Look through the entries below and count the lines with the word "items" in them; give only the number.

---------- Task material

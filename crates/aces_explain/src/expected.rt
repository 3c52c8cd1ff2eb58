//! What is expected where a token passes a limit.

ghost use Rattle.std.specs.Prelude.{◌≡◌, ◌++◌, OnOk};
ghost use Rattle.aces_explain.specs.Expected as expected;

use ir_model::text_limits::{
    ARRAY_LIMIT, BLOCK_LIMIT, CELL_LIMIT, DEPTH_LIMIT, FIELD_LIMIT, FILE_LIMIT, FUNCTION_LIMIT,
    GLOBAL_LIMIT, INSTRUCTION_LIMIT, LOCAL_LIMIT, PARAMETER_LIMIT, PERIPH_LIMIT, REGISTER_LIMIT,
    STRUCT_LIMIT, WORD_LIMIT,
};
use ir_model::token::{Excess, TextLimit};
use plan_report::text::Text;
use std::alloc::AllocError;

/// How much a limit allows.
fn most(which: TextLimit) -> u64
    ensures { result ≡ expected.most which }
{
    match which {
        TextLimit::Name => WORD_LIMIT as u64,
        TextLimit::Struct => STRUCT_LIMIT as u64,
        TextLimit::Field => FIELD_LIMIT as u64,
        TextLimit::Depth => u64::from(DEPTH_LIMIT),
        TextLimit::Array => ARRAY_LIMIT,
        TextLimit::Cell => CELL_LIMIT as u64,
        TextLimit::Periph => PERIPH_LIMIT as u64,
        TextLimit::Global => GLOBAL_LIMIT as u64,
        TextLimit::File => FILE_LIMIT as u64,
        TextLimit::Function => FUNCTION_LIMIT as u64,
        TextLimit::Param => PARAMETER_LIMIT as u64,
        TextLimit::Register => REGISTER_LIMIT as u64,
        TextLimit::Local => LOCAL_LIMIT as u64,
        TextLimit::Block => BLOCK_LIMIT as u64,
        TextLimit::Instruction => INSTRUCTION_LIMIT as u64,
    }
}

/// The words before a limit.
fn from(which: TextLimit) -> &'static [u8]
    ensures { result.now ≡ expected.from which }
{
    match which {
        TextLimit::Array => b"from 1 to ",
        TextLimit::Name
        | TextLimit::Struct
        | TextLimit::Field
        | TextLimit::Depth
        | TextLimit::Cell
        | TextLimit::Periph
        | TextLimit::Global
        | TextLimit::File
        | TextLimit::Function
        | TextLimit::Param
        | TextLimit::Register
        | TextLimit::Local
        | TextLimit::Block
        | TextLimit::Instruction => b"at most ",
    }
}

/// The word behind a limit.
fn things(which: TextLimit) -> &'static [u8]
    ensures { result.now ≡ expected.things which }
{
    match which {
        TextLimit::Name => b" bytes",
        TextLimit::Struct => b" structs",
        TextLimit::Field => b" fields",
        TextLimit::Depth => b" types, each in the one before",
        TextLimit::Array => b" elements",
        TextLimit::Cell => b" first values",
        TextLimit::Periph => b" peripherals",
        TextLimit::Global => b" globals",
        TextLimit::File => b" files",
        TextLimit::Function => b" functions",
        TextLimit::Param => b" parameters, arguments or types",
        TextLimit::Register => b" registers, parameters counted",
        TextLimit::Local => b" locals",
        TextLimit::Block => b" blocks",
        TextLimit::Instruction => b" instructions",
    }
}

/// Puts how much a limit allows.
fn put_most(text: &mut Text, which: TextLimit) -> Result<(), AllocError>
    ensures { OnOk result (text.new ≡ text.old ++ expected.excess_expected (Excess.Passes which)) }
{
    text.put(from(which))?;
    text.put_decimal(most(which))?;
    text.put(things(which))
}

/// Puts what is expected where a token passes this.
fn put_excess(text: &mut Text, excess: Excess) -> Result<(), AllocError>
    ensures { OnOk result (text.new ≡ text.old ++ expected.excess_expected excess) }
{
    match excess {
        Excess::TooWide => text.put(b"from -2147483648 to 4294967295"),
        Excess::Passes(which) => put_most(text, which),
    }
}

/// Puts the line `expected`.
///
/// # Errors
///
/// There is no memory for it.
pub(crate) fn put_expected(text: &mut Text, excess: Excess) -> Result<(), AllocError>
    ensures { OnOk result (text.new ≡ text.old ++ expected.expected_line excess) }
{
    text.put(b"expected ")?;
    put_excess(text, excess)?;
    text.put(b"\n")
}
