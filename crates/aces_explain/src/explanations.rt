//! The lines on a fault of a text.

ghost use Rattle.std.specs.Prelude.{◌≡◌, ◌++◌, IfOk, OnOk};
ghost use Rattle.aces_explain.specs.Explanations as lines;

use crate::excerpt::put_excerpt;
use crate::expected::put_expected;
use crate::fault_rules::{check_rule, excess_rule, syntax_rule, utf8_rule};
use crate::fault_texts::{put_kind, put_passed, put_place};
use ir_model::check::{CheckKind, CheckPlace};
use ir_model::token::{Excess, Pos};
use plan_report::text::Text;
use std::alloc::{AllocError, Global};

/// Puts a file's name, and a line and a column of it.
fn put_position(text: &mut Text, name: &[u8], pos: Pos) -> Result<(), AllocError>
    ensures { OnOk result (text.new ≡ text.old ++ lines.position_text name.now pos) }
{
    text.put(name)?;
    text.put(b":")?;
    text.put_decimal(u64::from(pos.line))?;
    text.put(b":")?;
    text.put_decimal(u64::from(pos.col))?;
    text.put(b": ")
}

/// Puts the line of a rule.
fn put_rule(text: &mut Text, rule: &[u8]) -> Result<(), AllocError>
    ensures { OnOk result (text.new ≡ text.old ++ lines.rule_line rule.now) }
{
    text.put(b"rule ")?;
    text.put(rule)?;
    text.put(b"\n")
}

/// Puts the line of syntax.
fn put_syntax_line(text: &mut Text, name: &[u8], pos: Pos) -> Result<(), AllocError>
    ensures { OnOk result (text.new ≡ text.old ++ lines.syntax_line name.now pos) }
{
    put_position(text, name, pos)?;
    text.put(b"syntax\n")
}

/// Puts the line of what a token passes.
fn put_passed_line(text: &mut Text, name: &[u8], excess: Excess, pos: Pos) -> Result<(), AllocError>
    ensures { OnOk result (text.new ≡ text.old ++ lines.passed_line name.now excess pos) }
{
    put_position(text, name, pos)?;
    put_passed(text, excess)?;
    text.put(b"\n")
}

/// Puts which check fails, and where.
fn put_failing(text: &mut Text, kind: &CheckKind, place: &CheckPlace) -> Result<(), AllocError>
    ensures { OnOk result (text.new ≡ text.old ++ lines.failing_text (record { kind = kind.now; place = place.now })) }
{
    put_kind(text, kind)?;
    text.put(b" in ")?;
    put_place(text, place)
}

/// Puts the line of a check that fails.
fn put_check_line(
    text: &mut Text,
    name: &[u8],
    kind: &CheckKind,
    place: &CheckPlace,
    pos: Pos,
) -> Result<(), AllocError>
    ensures { OnOk result (text.new ≡ text.old ++ lines.check_line name.now (record { kind = kind.now; place = place.now }) pos) }
{
    put_position(text, name, pos)?;
    put_failing(text, kind, place)?;
    text.put(b"\n")
}

/// The lines on bytes that are not UTF-8 from this one on, of a file of this name.
///
/// # Errors
///
/// There is no memory for them.
pub fn utf8_told(alloc: Global, name: &[u8], at: u32) -> Result<Vec<u8>, AllocError>
    ensures { IfOk result (λ v. v.items ≡ lines.utf8_told name.now at) }
{
    let mut text = Text::new(alloc);
    text.put(name)?;
    text.put(b": byte ")?;
    text.put_decimal(u64::from(at))?;
    text.put(b": not UTF-8\n")?;
    put_rule(&mut text, utf8_rule())?;
    Ok(text.into_bytes())
}

/// The lines on bytes with which no text goes on there, behind the lines of what was found and expected.
///
/// # Errors
///
/// There is no memory for them.
pub fn syntax_told(
    alloc: Global,
    name: &[u8],
    bytes: &[u8],
    pos: Pos,
    details: &[u8],
) -> Result<Vec<u8>, AllocError>
    ensures { IfOk result (λ v. v.items ≡ lines.syntax_told name.now bytes.now pos details.now) }
{
    let mut text = Text::new(alloc);
    put_syntax_line(&mut text, name, pos)?;
    put_excerpt(&mut text, bytes, pos)?;
    text.put(details)?;
    put_rule(&mut text, syntax_rule())?;
    Ok(text.into_bytes())
}

/// The lines on a token that passes this there.
///
/// # Errors
///
/// There is no memory for them.
pub fn passed_told(
    alloc: Global,
    name: &[u8],
    bytes: &[u8],
    excess: Excess,
    pos: Pos,
) -> Result<Vec<u8>, AllocError>
    ensures { IfOk result (λ v. v.items ≡ lines.passed_told name.now bytes.now excess pos) }
{
    let mut text = Text::new(alloc);
    put_passed_line(&mut text, name, excess, pos)?;
    put_excerpt(&mut text, bytes, pos)?;
    put_expected(&mut text, excess)?;
    put_rule(&mut text, excess_rule(excess))?;
    Ok(text.into_bytes())
}

/// The lines on a check that fails at an item that begins there, with the lines of what was found and expected.
///
/// # Errors
///
/// There is no memory for them.
pub fn check_told(
    alloc: Global,
    name: &[u8],
    bytes: &[u8],
    kind: &CheckKind,
    place: &CheckPlace,
    pos: Pos,
    details: &[u8],
) -> Result<Vec<u8>, AllocError>
    ensures { IfOk result (λ v. v.items ≡ lines.check_told name.now bytes.now (record { kind = kind.now; place = place.now }) pos details.now) }
{
    let mut text = Text::new(alloc);
    put_check_line(&mut text, name, kind, place, pos)?;
    put_excerpt(&mut text, bytes, pos)?;
    text.put(details)?;
    put_rule(&mut text, check_rule(kind, place))?;
    Ok(text.into_bytes())
}
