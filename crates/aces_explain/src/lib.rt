//! The command `explain`: why a firmware or a board is refused, or has no plan, with the line of the text and the rule.
#![tactic(auto)]

mod board_rules;
mod board_telling;
mod details;
mod excerpt;
mod expected;
pub mod explaining;
mod explanations;
mod fault_rules;
mod fault_texts;
mod flash;
mod key_lines;
pub mod laws;
mod plan_rules;
mod plan_telling;
pub mod planned;
mod ram;
mod room_lines;
mod telling;

pub use board_telling::board_told;
pub use plan_telling::refusal_told;
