//! Laws of what is told: functions that do nothing, whose contract is the law.

ghost use Rattle.aces_explain.specs.Texts.{TextsAreOne};

use plan_graph::laws::final_graph_is_one;

/// There is one text at most on a refusal, since there is one final graph.
pub fn one_text()
    ensures { TextsAreOne }
{
    final_graph_is_one();
}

--------------------

### Result
4